One of the key goals that were in mind when designing the Cassandra PV Archiver was scalability. The Cassandra PV Archiver is designed to work both for very small setups (possibly as small as a single node installation) and very large scale setups (with tens or even hundreds of nodes). By using Apache Cassandra as the data store, the Cassandra PV Archiver can scale linearly, increasing the number of channels that can be handled and the amount of data that can be stored with each node added.
The Cassandra PV Archiver is not just scalable when making the first deployment. In fact, an existing deployment can easily be scaled up by adding more nodes with zero downtime as the demand grows. However, there are a few limitations regarding the data that can be stored for individual channels, of which the administrator should be aware. These limitations are largely instrinsic to the use of Apache Cassandra as the data store, but for some of them there exist workarounds that are described in the next paragraphs.
The archiving of each sample results in an INSERT
statement being executed in the Cassandra database.
As the number of statements that can be executed per second is usually
limited to something in the order of 100,000 statements per second per
node, archiving samples at extremely high rates is typically not a
good idea.
For example, when having channels with an update rate of about 1 kHz,
only about one hundred channels could be archived per node.
In additition to that, samples for the same channel are archived one
after another.
This means that the next sample is only archived once the
INSERT
statement for the precding sample has
finished.
Due to the latency involved in executing each statement, this
effectively limits the rate at which samples for a single channel can
be written.
The workaround for this issue can be implemented by providing a custom
control-system support (see Chapter V, Extending Cassandra PV Archiver) that archives
samples at a lower rate.
For example, a control-system support can choose to accumulate all
samples that are received within a second and then create and archive
a “meta-sample” that actually contains the data of all these samples.
This reduces the number of INSERT
statements
required and can thus reduce the load significantly.
As a side effect, this also resolves the latency problem.
For most scenarios, it should not be necessary to implement this workaround: The Cassandra PV Archiver typically works fine at update rates of about 10 Hz and supervisory control and data acquisition (SCADA) systems rarely deal with significantly higher data rates. Therefore, implementing this workaround only has to be considered when archiving data from a system with exceptionally high update rates.

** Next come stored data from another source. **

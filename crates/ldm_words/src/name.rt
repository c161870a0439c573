//! Names as they are written.
ghost use Rattle.std.specs.Prelude.{◌≡◌, ◌<◌, ◌≤◌, IfOk, IfSome, IsTrue, length};
ghost use Rattle.ldm_words.specs.Names.{name_of, spelled, is_plain, is_hex, hex_value};
ghost use Rattle.ldm_words.specs.Names.{escaped_value, NamesReadBack};
ghost use Rattle.ldm_words.specs.Units.{unit_of};

use ldm_bytes::{Bytes, NoMemory};
use std::alloc::Global;

fn is_hex(c: u8) -> bool
    ensures { result ≡ is_hex c }
{
    c.is_ascii_digit() || (b'a'..=b'f').contains(&c)
}

fn hex_value(c: u8) -> u8
    requires { IsTrue (is_hex c) }
    ensures is { result ≡ hex_value c }
    ensures small { result < 16 }
{
    if c >= b'a' { c - b'a' + 10 } else { c - b'0' }
}

/// Whether a byte stands for itself in a name: 0x21 to 0x7E, but the backslash.
pub fn is_plain(c: u8) -> bool
    ensures { result ≡ is_plain c }
{
    c >= 0x21 && c <= 0x7E && c != b'\\'
}

// The byte that an escape stands for.
fn escaped_byte(x: u8, a: u8, b: u8) -> Option<u8>
    ensures { result ≡ escaped_value x a b }
{
    if x == b'x' && is_hex(a) && is_hex(b) {
        Some(16 * hex_value(a) + hex_value(b))
    } else {
        None
    }
}

// The byte that is spelled at the front, and how many bytes spell it.
fn unit_at(rest: &[u8]) -> Option<(u8, usize)>
    requires { 0 < length rest.now }
    ensures unit { result ≡ unit_of rest.now }
    ensures within { IfSome result (λ unit. (0 < unit.1) × (unit.1 ≤ length rest.now)) }
{
    let c = rest[0];
    if c == b'\\' && rest.len() >= 4 {
        let byte = escaped_byte(rest[1], rest[2], rest[3])?;
        return Some((byte, 4));
    }
    if is_plain(c) { Some((c, 1)) } else { None }
}

// The bytes that the word spells.
fn spell(alloc: Global, word: &[u8]) -> Result<Option<Bytes>, NoMemory>
    ensures { IfOk result (λ bytes. bytes ≡ spelled word.now) }
{
    let mut name = Vec::new(alloc);
    let mut at = 0;
    while at < word.len() {
        let Some((byte, len)) = unit_at(&word[at..]) else {
            return Ok(None);
        };
        name.push(byte)?;
        at += len;
    }
    Ok(Some(Bytes::from_vec(name)))
}

/// The name that the word is. `None` exactly where it is none.
#[tactic(auto, using(crate::proofs::NameLaws::names_back), unfolding(crate::specs::Names::name_of))]
pub fn read_name(alloc: Global, word: &[u8]) -> Result<Option<Bytes>, NoMemory>
    ensures is { IfOk result (λ name. name ≡ name_of word.now) }
    ensures back { NamesReadBack }
{
    if word.is_empty() {
        return Ok(None);
    }
    if word == b"\\e".as_slice() {
        return Ok(Some(Bytes::from_vec(Vec::new(alloc))));
    }
    let Some(name) = spell(alloc, word)? else {
        return Ok(None);
    };
    if name.as_slice().len() <= 255 {
        Ok(Some(name))
    } else {
        Ok(None)
    }
}
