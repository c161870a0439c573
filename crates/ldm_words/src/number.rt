//! Numbers as they are written.
ghost use Rattle.std.specs.Prelude.{◌≡◌};
ghost use Rattle.std.specs.List.{list_all};
ghost use Rattle.ldm_words.specs.Numbers.{number_of, is_digit};

use std::str;

fn all_digits(word: &[u8]) -> bool
    ensures { result ≡ list_all is_digit word.now }
{
    word.iter().all(|c| c.is_ascii_digit())
}

/// The number that the word is. `None` exactly where it is none.
#[tactic(auto, unfolding(crate::specs::Numbers::number_of, crate::specs::Numbers::is_number))]
pub fn read_number(word: &[u8]) -> Option<u64>
    ensures { result ≡ number_of word.now }
{
    if word.is_empty() || word.len() > 20 || !all_digits(word) {
        return None;
    }
    let text = str::from_utf8(word).ok()?;
    text.parse().ok()
}
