//! Command lines: the words of a job, and its images.
ghost use Rattle.std.specs.Prelude.{◌≡◌, ◌≤◌, ◌∷◌, IfOk, IfSome, length, string_bytes};
ghost use Rattle.std.specs.Option.{option_map};
ghost use Rattle.std.specs.List.{position_or_len};
ghost use Rattle.ldm_words.specs.declared.job.Job.TheVariants as jobs;
ghost use Rattle.ldm_words.specs.declared.job.Format.TheVariants.{Lines};
ghost use Rattle.ldm_words.specs.Jobs.{texts, is_on, image_words, images_of, images_behind};
ghost use Rattle.ldm_words.specs.Jobs.{plain_job, named_in, named, map_form, dump_form, table_form};
ghost use Rattle.ldm_words.specs.Jobs.{init_form, sample_form, forms, form_in, as_json, options};
ghost use Rattle.ldm_words.specs.Jobs.{section_of, optioned_in, with_options, job_form};
ghost use Rattle.ldm_words.specs.Jobs.{is_group, takes, fits};
ghost use Rattle.ldm_words.specs.Names.{name_of};
ghost use Rattle.ldm_words.specs.Jobs.{job_of};
ghost use Rattle.ldm_words.specs.Jobs.{HasCount, KeepsLimits, job_kind, writes};
ghost use Rattle.ldm_words.specs.Commands.{token_bytes, command_of};
ghost use Rattle.ldm_words.specs.Readings.{ReadsWords};

use crate::command::{Command, Names};
use crate::name::read_name;
use crate::new_group::{Guids, read_group_name, read_guids};
use crate::number::read_number;
use crate::paths::Paths;
use crate::reading::read_command;
use ldm_bytes::{Bytes, NoMemory, read_guid};
use std::alloc::Global;
use thiserror::Error;

/// How an answer is said: in lines of words, or as JSON, which names each image by its word too.
#[derive(Drop)]
pub enum Format {
    Lines,
    Json(Paths),
}

/// Sectors of a volume: `count` of them from the sector `first` on.
#[derive(Clone, Copy, Drop)]
pub struct Section {
    pub first: u64,
    pub count: u64,
}

/// What a command line asks for.
#[derive(Drop)]
pub enum Job {
    /// The private header of one disk.
    Disk(Format),
    /// The copy of the database on one disk.
    Records(Format),
    /// The group and the disk that each image is of, or why it is of none.
    Scan(Format),
    /// The group that the disks hold.
    Show(Format),
    /// What each disk of a group holds, and whether the group may be edited.
    Check(Format),
    /// Where `count` sectors of a volume lie, from the sector `first` on.
    Map {
        name: Bytes,
        first: u64,
        count: u64,
        format: Format,
    },
    /// The bytes of a volume, or of a section of it.
    Dump {
        name: Bytes,
        section: Option<Section>,
    },
    /// Where the copies of a mirror, or the parity of a RAID-5, disagree.
    Scrub {
        name: Bytes,
        format: Format,
    },
    /// The device-mapper tables that make a device of a volume, and the words that name the images.
    Table {
        name: Bytes,
        images: Names,
    },
    /// The device-mapper tables that make the devices of all volumes, and the words that name the
    /// images.
    Tables {
        images: Names,
    },
    /// What the lines of a script would make of a group.
    Try(Format),
    /// The lines of a script, done to a group.
    Edit(Format),
    /// One command, done to a group.
    One {
        command: Command,
        format: Format,
    },
    /// A new group on empty disks: its name, its GUID and those of its disks.
    Init {
        name: Bytes,
        guid: u128,
        disks: Guids,
    },
    /// The sample script of this seed, done to a group in memory.
    Sample(u64),
}
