//! The words that name the images of a job.
ghost use Rattle.std.specs.Prelude.{◌≡◌, IfOk, slice_get};
ghost use Rattle.std.specs.Option.{option_map};
ghost use Rattle.ldm_words.specs.Jobs.{texts};

use ldm_bytes::NoMemory;
use std::alloc::Global;
use std::marker::Model;

/// The words behind `on`, each of which names an image, in their order. Contracts see them as their
/// bytes.
#[derive(Drop)]
pub struct Paths {
    words: Vec<String>,
}

impl Model for Paths {
    ghost use Rattle.std.specs.Prelude.{List, ℕ, map, string_bytes};

    ghost Value = { List (List ℕ) };

    ghost view = { λ paths. map string_bytes paths.words.items };
}

impl Paths {
    /// A copy of these words.
    pub fn of(alloc: Global, words: &[String]) -> Result<Paths, NoMemory>
        ensures { IfOk result (λ paths. paths ≡ texts words.now) }
    {
        let mut copied = Vec::new(alloc);
        for word in words {
            copied.push(word.as_str().to_string(alloc)?)?;
        }
        Ok(Paths { words: copied })
    }

    /// The word of an image by its number, where it has one.
    pub fn get(&self, image: usize) -> Option<&str>
        ensures { option_map (λ word. word.now) result ≡ slice_get self.now image }
    {
        match self.words.get(image) {
            Some(word) => Some(word.as_str()),
            None => None,
        }
    }
}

As described in Section 2, “Data storage”, archived samples are organized in sample buckets. In order to ensure data consistency even in the event of a server crash at a very incovenient point in time, the Cassandra PV Archiver takes special precautions when creating a new sample bucket. These precautions result in a significant overhead when creating a new sample bucket, so that creating a new sample bucket very frequently is not advisable. This means that a channel producing data at a rate of tens of megabytes per second should not be (directly) archived with the Cassandra PV Archiver.
More importantly, the meta-data about which sample buckets exist is
stored in a single partition.
When deleting old samples, the corresponding reference to the sample
bucket is removed by issuing a DELETE
statement
in the database.
In Apache Cassandra, a DELETE
statement results in
a so-called tombstone being written.
When a lot of tombstones accumulate, this can have a significant
impact on read operations, which is why Apache Cassandra aborts a read
opertion when it encounters too many tombstones (please refer to the
Cassandra documentation
for details).
Typically, this is not a problem, but when inserting large amounts of data at comparedly high rates and only retaining this data for a limited amount of time, the number of tombstones generated when deleting old data might actually exceed this limit.
There are two possible workarounds. The first one is changing the
configuration options for Apache Cassandra. By reducing the so-called
GC grace period, tombstones can be discarded earlier so that the
number of tombstones that is accumulated can be reduced.
Please be sure to understand the consequences of this change before
applying it.
It is very important that the periodic
nodetool repair
operation runs more frequently than
the GC grace period.
If not, deleted data can reappear, which in the context of the
Cassandra PV Archiver can result in data corruption.
The other change is increasing the number of tombstones that may be
encountered before aborting a read operation.
Increasing this number has an impact on the memory consumption of read
operations and read operations that encounter many tombstones may run
very slowly.
The second and preferred workaround is to store large amounts of data outside the Apache Cassandra database, for example using a scalable, distributed file-system (like Ceph). Such a solution can be implemented by providing a custom control-system support that stores the raw data in files and archives the meta-data (which file contains the data for a specific sample) using the Cassandra PV Archiver.
As a rule of thumb, you should consider storing the sample data outside the Cassandra database when the average data rate of a single channel exceeds the order of 50 KB per second. The average data rate means the rate averaged over an extended amount of time. For example, having a burst of data at a rate of 5 MB per second for ten seconds is fine when it is typically followed by a period of 30 minutes where virtually no data is archived.